Dejad que los niños vengan a mí, y no se lo impidáis, porque de los que son como éstos es el reino de Dios. Lucas 18: 16
Si recordamos nuestra niñez, vemos cuánta ilusión nos daba cuando nuestros padres nos prometían llevarnos al parque o comer un helado. Eran momentos inolvidables, y queríamos que el tiempo volara para que llegara ese día y no se demorara más. A partir de ese momento lo que hablábamos y pensábamos giraba en torno a eso. Lo más gracioso era contárselo a nuestros amiguitos. Nos gustaba hacerlo porque así íbamos emocionándonos más y, sin haber ido, ya nos sentíamos en ese lugar. Estaba tan presente en nuestros pensamientos que era casi real.
Qué inocencia tan hermosa, la cual nos permitió vivir esos momentos como algo tan grande e inolvidable. Quedamos tan marcados que aquellos nunca serán borrados porque nos llenaron de felicidad y, a pesar de los años que han pasado, nos gusta recordarlos para volver a vivirlos.

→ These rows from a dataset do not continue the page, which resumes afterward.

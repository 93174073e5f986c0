//! The tick and the run over any memory system.

ghost use Rattle.std.specs.Prelude.{◌≡◌, ℕ, ◌<◌, ◌+◌, ◌^◌, Some, None, true};
ghost use Rattle.mips3_exec.specs.declared.talk.Request.TheVariants.{Levels};
ghost use Rattle.mips3_exec.specs.declared.ticking.Tick.TheVariants.{Halted};
ghost use Rattle.mips3_exec.specs.Fixed.{HasFixed};
ghost use Rattle.mips3_exec.specs.Run.{run_of};
ghost use Rattle.mips3_exec.specs.Talk.{hold};
ghost use Rattle.mips3_exec.specs.Tick as law;

use crate::processor::Cpu;
use crate::stepping::step;
use crate::talk::{MemorySystem, Reply, Request, StepEnd};

/// How a tick ended.
#[derive(Clone, Copy)]
pub enum Tick {
    /// It ran.
    Ran,
    /// It took an exception or an interrupt, with this code of Cause.
    Trapped(u8),
    /// The run has ended, with this halt code.
    Halted(u32),
}

// Cause shows the levels of the lines.
fn ask_levels<M: MemorySystem>(cpu: &mut Cpu, memory: &mut M)
    ensures cpu { cpu.new ≡ law.with_levels cpu.old (M.ask_gives memory.old Request.Levels).reply }
    ensures memory { memory.new ≡ (M.ask_gives memory.old Request.Levels).memory }
    ensures ticks { cpu.new.ticks ≡ cpu.old.ticks }
{
    match memory.ask(Request::Levels) {
        Reply::Levels(levels) => cpu.cp0.lines(levels),
        _ => unreachable!(),
    }
}

// The inputs, a beat, the lines and the step.
fn open<M: MemorySystem>(cpu: &mut Cpu, memory: &mut M) -> StepEnd
    ensures end { result ≡ (hold M.ask_gives memory.old (law.opened cpu.old)).end }
    ensures cpu { cpu.new ≡ (hold M.ask_gives memory.old (law.opened cpu.old)).cpu }
    ensures memory { memory.new ≡ (hold M.ask_gives memory.old (law.opened cpu.old)).memory }
    ensures ticks { cpu.new.ticks ≡ cpu.old.ticks }
{
    let _ = memory.ask(Request::Inputs { tick: cpu.ticks });
    let _ = memory.ask(Request::Beat);
    ask_levels(cpu, memory);
    step(cpu, memory)
}

// Whether the step wrote Wired.
fn wrote_wired(end: StepEnd) -> bool
    ensures wired { result ≡ law.wrote_wired end }
{
    match end {
        StepEnd::WroteWired => true,
        _ => false,
    }
}

// The lines and the counts.
fn close<M: MemorySystem>(cpu: &mut Cpu, memory: &mut M, end: StepEnd)
    requires { cpu.old.ticks < 4294967295 }
    ensures cpu { cpu.new ≡ (hold M.ask_gives memory.old (law.closed cpu.old end)).cpu }
    ensures memory { memory.new ≡ (hold M.ask_gives memory.old (law.closed cpu.old end)).memory }
    ensures end { end ≡ (hold M.ask_gives memory.old (law.closed cpu.old end)).end }
{
    ask_levels(cpu, memory);
    cpu.count(wrote_wired(end));
}

// The talk of a tick.
#[tactic(auto, unfolding(crate::specs::Tick::tick_talk))]
fn talk<M: MemorySystem>(cpu: &mut Cpu, memory: &mut M) -> StepEnd
    requires { cpu.old.ticks < 4294967295 }
    ensures end { result ≡ (hold M.ask_gives memory.old (law.tick_talk cpu.old)).end }
    ensures cpu { cpu.new ≡ (hold M.ask_gives memory.old (law.tick_talk cpu.old)).cpu }
    ensures memory { memory.new ≡ (hold M.ask_gives memory.old (law.tick_talk cpu.old)).memory }
    ensures ticks { cpu.new.ticks ≡ cpu.old.ticks + 1 }
    ensures fixed { (config : ℕ) → HasFixed config cpu.old → HasFixed config cpu.new }
{
    let end = open(cpu, memory);
    close(cpu, memory, end);
    end
}

/// Makes one tick. After a halt it changes nothing, and answers the halt code again.
#[inline(always)]
#[tactic(auto, unfolding(crate::specs::Tick::tick_of))]
pub fn make_tick<M: MemorySystem>(cpu: &mut Cpu, memory: &mut M) -> Tick
    requires ticks { cpu.old.halt ≡ None → cpu.old.ticks < 4294967295 }
    ensures answer { result ≡ (law.tick_of M.ask_gives memory.old cpu.old).answer }
    ensures cpu { cpu.new ≡ (law.tick_of M.ask_gives memory.old cpu.old).cpu }
    ensures memory { memory.new ≡ (law.tick_of M.ask_gives memory.old cpu.old).memory }
    ensures ticks { law.goes_on result ≡ true → cpu.new.ticks ≡ cpu.old.ticks + 1 }
    ensures stands_still { (code : ℕ) → cpu.old.halt ≡ Some code →
        (cpu.new ≡ cpu.old) × (memory.new ≡ memory.old) × (result ≡ Tick.Halted code) }
    ensures fixed { (config : ℕ) → HasFixed config cpu.old → HasFixed config cpu.new }
{
    if let Some(code) = cpu.halt {
        return Tick::Halted(code);
    }
    match talk(cpu, memory) {
        StepEnd::Trapped(code) => Tick::Trapped(code),
        StepEnd::Went | StepEnd::WroteWired => match cpu.halt {
            Some(code) => Tick::Halted(code),
            None => Tick::Ran,
        },
    }
}

/// Makes so many ticks, up to one that halts.
pub fn make_run<M: MemorySystem>(cpu: &mut Cpu, memory: &mut M, steps: u32) -> Tick
    requires { cpu.old.ticks + steps < 2 ^ 32 }
    ensures answer { result ≡ (run_of M.ask_gives steps (record { cpu = cpu.old; memory = memory.old })).answer }
    ensures cpu { cpu.new ≡ (run_of M.ask_gives steps (record { cpu = cpu.old; memory = memory.old })).cpu }
    ensures memory { memory.new ≡ (run_of M.ask_gives steps (record { cpu = cpu.old; memory = memory.old })).memory }
    ensures fixed { (config : ℕ) → HasFixed config cpu.old → HasFixed config cpu.new }
{
    for step in 0..steps {
        match make_tick(cpu, memory) {
            Tick::Ran | Tick::Trapped(_) => {}
            end => return end,
        }
    }
    Tick::Ran
}
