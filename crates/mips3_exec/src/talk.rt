//! What the processor asks of a memory system, and what it replies.

/// A reference to memory: through the caches or past them, from a quiet state or not, and where.
#[derive(Clone, Copy)]
pub struct Access {
    /// Whether it goes through the caches.
    pub cached: bool,
    /// Whether EXL and ERL were 0 and BEV 1 as the step began.
    pub quiet: bool,
    /// The virtual address of its lowest byte.
    pub va: u32,
    /// The physical address of its lowest byte, of 36 bits.
    pub pa: u64,
}

/// What the processor asks.
#[derive(Clone, Copy)]
pub enum Request {
    /// Apply the inputs that were recorded for this tick.
    Inputs {
        tick: u32,
    },
    /// Make a beat of the disk, where one is due.
    Beat,
    /// The levels of the interrupt lines IP2 to IP6.
    Levels,
    /// The instruction word at an address.
    Fetch {
        access: Access,
    },
    /// The bytes from an address on, 1 to 8 of them.
    Load {
        access: Access,
        size: u8,
    },
    /// Set the bytes from an address on, 1 to 8 of them, to a value.
    Store {
        access: Access,
        size: u8,
        value: u64,
    },
    /// The cache operation of this code, with the value of TagLo before it.
    Cache {
        access: Access,
        code: u8,
        tag: u32,
    },
}

/// What a memory system replies.
#[derive(Clone, Copy)]
pub enum Reply {
    /// It was done, and there is nothing to tell.
    Done,
    /// A beat moved 32 bytes: out of RAM to the disk, or into RAM.
    Moved { out: bool, pa: u64 },
    /// The levels of IP2 to IP6, in bits 0 to 4.
    Levels(u8),
    /// The bytes that were read, the first one highest.
    Value(u64),
    /// The bytes were stored.
    Stored,
    /// The store ends the run with this tick, with this halt code.
    Halt(u32),
    /// The value of TagLo after a cache operation.
    Tag(u32),
    /// A bus error.
    BusError,
    /// A coherency exception.
    Coherency,
}

/// How a step ended.
#[derive(Clone, Copy)]
pub enum StepEnd {
    /// The instruction was carried out.
    Went,
    /// The instruction was carried out, and wrote Wired.
    WroteWired,
    /// An exception or an interrupt was taken, with this code of Cause.
    Trapped(u8),
}

/// A memory system, by what it does at a request.
pub trait MemorySystem {
    ghost use Rattle.std.specs.Prelude.{◌≡◌};
    ghost use Rattle.mips3_exec.specs.Talk.{Outcome, IsAsked, IsAnswer};
    ghost use Rattle.mips3_exec.specs.declared.talk.Request.{Request};

    /// What it is after a request, and its reply.
    ghost ask_gives: { Self → Request → Outcome Self };

    /// Answers a request, one that a processor makes.
    fn ask(&mut self, request: Request) -> Reply
        requires asked { IsAsked request }
        ensures memory { self.new ≡ (ask_gives self.old request).memory }
        ensures reply { result ≡ (ask_gives self.old request).reply }
        ensures answer { IsAnswer request result };
}
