//! How the processor reaches memory: from a virtual address to a physical one.

ghost use Rattle.std.specs.Prelude.{◌≡◌};
ghost use Rattle.mips3_exec.specs.Routes as law;
ghost use Rattle.mips3_exec.specs.Routes.{IsRoute};

use crate::processor::Cpu;
use crate::talk::Access;
use cp0_exceptions::Raised;
use cp0_exceptions::codes::{ADDRESS_LOAD, ADDRESS_STORE, MODIFIED, TLB_LOAD, TLB_STORE};
use tlb_model::{Found, Seg, segment};

/// Where an address leads: to a physical one, or to an exception.
#[derive(Clone, Copy)]
pub enum Route {
    /// To this physical address, through the caches or past them.
    To { pa: u64, cached: bool },
    /// To this exception.
    Fault(Raised),
}

/// An exception that names no address.
pub fn plain(code: u8) -> Raised
    ensures raised { result ≡ law.plain code }
{
    Raised {
        code,
        unit: 0,
        bad: None,
        refill: false,
    }
}

/// An exception of an address.
pub fn at_address(code: u8, bad: u32) -> Raised
    ensures raised { result ≡ law.at_address code bad }
{
    Raised {
        code,
        unit: 0,
        bad: Some(bad),
        refill: false,
    }
}

/// The address error, of something read or written.
pub fn address_error(write: bool, bad: u32) -> Raised
    ensures raised { result ≡ law.address_error write bad }
{
    let code = if write { ADDRESS_STORE } else { ADDRESS_LOAD };
    at_address(code, bad)
}

// Where a mapped address leads.
#[inline(never)]
fn mapped_route(cpu: &Cpu, write: bool, va: u32, bad: u32) -> Route
    ensures route { result ≡ law.route_in cpu.now write va bad Seg.Mapped }
    ensures place { IsRoute va result }
{
    let code = if write { TLB_STORE } else { TLB_LOAD };
    match cpu.tlb.translate(va, cpu.cp0.asid(), write) {
        Found::Page { pa, cached } => Route::To { pa, cached },
        Found::Refill => Route::Fault(Raised {
            refill: true,
            ..at_address(code, bad)
        }),
        Found::Invalid => Route::Fault(at_address(code, bad)),
        Found::Modified => Route::Fault(at_address(MODIFIED, bad)),
    }
}

/// Where an address leads, in the mode of the moment. An exception shows the address `bad`.
#[inline(always)]
#[tactic(auto, unfolding(crate::specs::Routes::route_of))]
pub fn route_of(cpu: &Cpu, write: bool, va: u32, bad: u32) -> Route
    ensures route { result ≡ law.route_of cpu.now write va bad }
    ensures place { IsRoute va result }
{
    let mode = cpu.cp0.mode();
    let error_level = cpu.cp0.is_error_level();
    match segment(va, mode, error_level, cpu.cp0.k0()) {
        Seg::Mapped => mapped_route(cpu, write, va, bad),
        Seg::Direct { pa, cached } => Route::To { pa, cached },
        Seg::Denied => Route::Fault(address_error(write, bad)),
    }
}

/// The reference to memory that is made then.
pub fn access_of(cpu: &Cpu, va: u32, pa: u64, cached: bool) -> Access
    ensures access { result ≡ law.access_of cpu.now va pa cached }
{
    Access {
        cached,
        quiet: cpu.cp0.is_quiet(),
        va,
        pa,
    }
}
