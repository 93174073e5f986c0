//! What a load makes of the bytes that it read, and what a store makes of a register.

ghost use Rattle.std.specs.Prelude.{◌≡◌, ◌<◌, ◌≤◌, ◌+◌, ◌-◌, ◌*◌, ◌/◌, ◌%◌, ◌^◌, IsTrue};
ghost use Rattle.mips3_table.specs.declared.operations.Signedness.TheVariants as sign;
ghost use Rattle.mips3_table.specs.Instructions.{IsInst};
ghost use Rattle.mips3_exec.specs.Accesses as law;
ghost use Rattle.mips3_exec.specs.Effects.{operation_of as operation_at, loaded_of, stored_of};

use crate::accesses::{moved, offset};
use crate::operands::low_word;
use mips3_table::{Inst, Operation, Signedness, Size, Width, operation_of};
use r4_words::{sext16, sext32};

// 256 to the power of a number of bytes.
#[tactic(auto, using(crate::proofs::Positions::power_is, crate::proofs::Pieces::some_bytes))]
fn power(count: u8) -> u64
    requires { count < 8 }
    ensures value { result ≡ 256 ^ count }
    ensures some { 0 < result }
{
    1 << (8 * u32::from(count))
}

// The low bytes of a value.
fn low_bytes(count: u8, value: u64) -> u64
    requires { count ≤ 8 }
    ensures { result ≡ value % 256 ^ count }
{
    if count < 8 {
        value % power(count)
    } else {
        value
    }
}

// A word or a doubleword as a register.
#[tactic(auto, unfolding(mips3_alu::specs::Arithmetic::reduced))]
fn as_register(width: Width, value: u64) -> u64
    ensures { result ≡ law.as_register sign.Signed (8 * law.bytes_of_width width) value }
{
    match width {
        Width::Word => sext32(low_word(value)),
        Width::Double => value,
    }
}

// The bytes of a whole unit as a register.
#[tactic(auto, unfolding(mips3_alu::specs::Arithmetic::reduced, mips3_alu::specs::Arithmetic::unsigned))]
fn extended(size: Size, signedness: Signedness, bytes: u64) -> u64
    requires { bytes < 256 ^ law.bytes_of_size size }
    ensures { result ≡ law.as_register signedness (8 * law.bytes_of_size size) bytes }
{
    match (signedness, size) {
        (Signedness::Unsigned, _) => bytes,
        (Signedness::Signed, Size::Byte) if bytes < 0x80 => bytes,
        (Signedness::Signed, Size::Byte) => bytes + 0xffff_ffff_ffff_ff00,
        (Signedness::Signed, Size::Half) => sext32(sext16(bytes as u16)),
        (Signedness::Signed, Size::Wide(width)) => as_register(width, bytes),
    }
}

// Bytes above so many low bytes of a register.
fn above(low: u8, old: u64, bytes: u64) -> u64
    requires { low < 8 }
    ensures { result ≡ (bytes * 256 ^ low % 2 ^ 64 + old % 256 ^ low) % 2 ^ 64 }
{
    bytes
        .wrapping_mul(power(low))
        .wrapping_add(old % power(low))
}

// So many bytes below the high bytes of a register.
fn below(count: u8, old: u64, bytes: u64) -> u64
    requires { count ≤ 8 }
    ensures { result ≡ (old - old % 256 ^ count + bytes) % 2 ^ 64 }
{
    (old - low_bytes(count, old)).wrapping_add(bytes)
}

#[tactic(auto, using(crate::proofs::Positions::loads))]
fn loaded_by(operation: Operation, old: u64, va: u32, bytes: u64) -> u64
    requires load { IsTrue (law.is_load operation) }
    requires fits { bytes < 256 ^ (law.moved operation va).size }
    ensures { result ≡ law.loaded_by operation old va bytes }
{
    match operation {
        Operation::Load(size, signedness) => extended(size, signedness, bytes),
        Operation::LoadLinked(width) => as_register(width, bytes),
        Operation::LoadLeft(width) => as_register(width, above(offset(width, va), old, bytes)),
        Operation::LoadRight(width) => as_register(width, below(offset(width, va) + 1, old, bytes)),
        _ => unreachable!(),
    }
}

#[tactic(auto, using(crate::proofs::Positions::stores))]
fn stored_by(operation: Operation, value: u64, va: u32) -> u64
    requires store { IsTrue (law.is_store operation) }
    ensures { result ≡ law.stored_by operation value va }
{
    let size = moved(operation, va).size;
    match operation {
        Operation::Store(_) | Operation::StoreConditional(_) | Operation::StoreRight(_) => {
            low_bytes(size, value)
        }
        Operation::StoreLeft(width) => low_bytes(size, value / power(offset(width, va))),
        _ => unreachable!(),
    }
}

/// The register after a load at an address, by what it was and the number of the bytes read there, the first of them the
/// most significant.
#[tactic(auto, unfolding(crate::specs::Effects::loaded_of))]
pub fn loaded(inst: &Inst, old: u64, va: u32, bytes: u64) -> u64
    requires inst { IsInst inst.now }
    requires load { IsTrue (law.is_load (operation_at inst.now)) }
    requires fits { bytes < 256 ^ (law.moved (operation_at inst.now) va).size }
    ensures { result ≡ loaded_of inst.now old va bytes }
{
    loaded_by(operation_of(inst.row), old, va, bytes)
}

/// The number of the bytes that a store writes at an address, the first of them the most significant.
#[tactic(auto, unfolding(crate::specs::Effects::stored_of), using(crate::proofs::Positions::stored_fits))]
pub fn stored(inst: &Inst, value: u64, va: u32) -> u64
    requires inst { IsInst inst.now }
    requires store { IsTrue (law.is_store (operation_at inst.now)) }
    ensures value { result ≡ stored_of inst.now value va }
    ensures fits { result < 256 ^ (law.moved (operation_at inst.now) va).size }
{
    stored_by(operation_of(inst.row), value, va)
}
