//! What each integer instruction does, and the step of the processor over any memory system.
//!
//! `effect` gives the effect of an instruction on these registers at this pc: what goes to a register or to HI and LO, where
//! it jumps, which bytes of memory it wants, what is left to coprocessor 0, or which exception it raises. `loaded` is what a
//! load makes of the bytes that were read, and `stored` the bytes that a store writes; `is_aligned` tells of an access whether it
//! is an address error. The definitions have one equation for each operation of the instruction table (`specs/Effects.antt`),
//! and the bytes of loads and stores once for both (`specs/Accesses.antt`).
//!
//! A tick is defined without any memory, as a talk: the processor ends it, or asks one request and goes on with the reply
//! (`specs/Talk.antt`). The code of a step is generic over a memory system that answers such requests, and `make_tick` is
//! proved to hold the talk with it.
//!
//! Reading order: the effects, the operands of an instruction, the bytes that an operation moves, what loads and stores make
//! of them, and the effect of each operation; then the talk, the processor's state, the routes of addresses to memory, the
//! references to memory, the instructions of coprocessor 0, the step, the tick, and the run (`specs/Run.antt`).
#![tactic(auto)]

mod accesses;
mod effects;
mod executing;
mod merging;
mod operands;
mod processor;
mod references;
mod routes;
mod stepping;
mod system_control;
mod talk;
mod ticking;

pub use accesses::is_aligned;
pub use effects::{Effect, Touch};
pub use executing::effect;
pub use merging::{loaded, stored};
pub use processor::Cpu;
pub use talk::{Access, MemorySystem, Reply, Request, StepEnd};
pub use ticking::{Tick, make_run, make_tick};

Qué grande sería que, de la misma manera que acogíamos la invitación de nuestros padres, pudiéramos hacerlo con cada una de las promesas que nuestro Padre nos ha dado. La Palabra nos enseña que solamente los niños heredarán el reino de los Cielos. Cuando nos habla de esto no se refiere a la edad física, sino a la condición de nuestro corazón, el cual debe ser como el de un niño, quien todo lo disfruta y lo goza, sin despreciar cosa alguna por mínima que sea.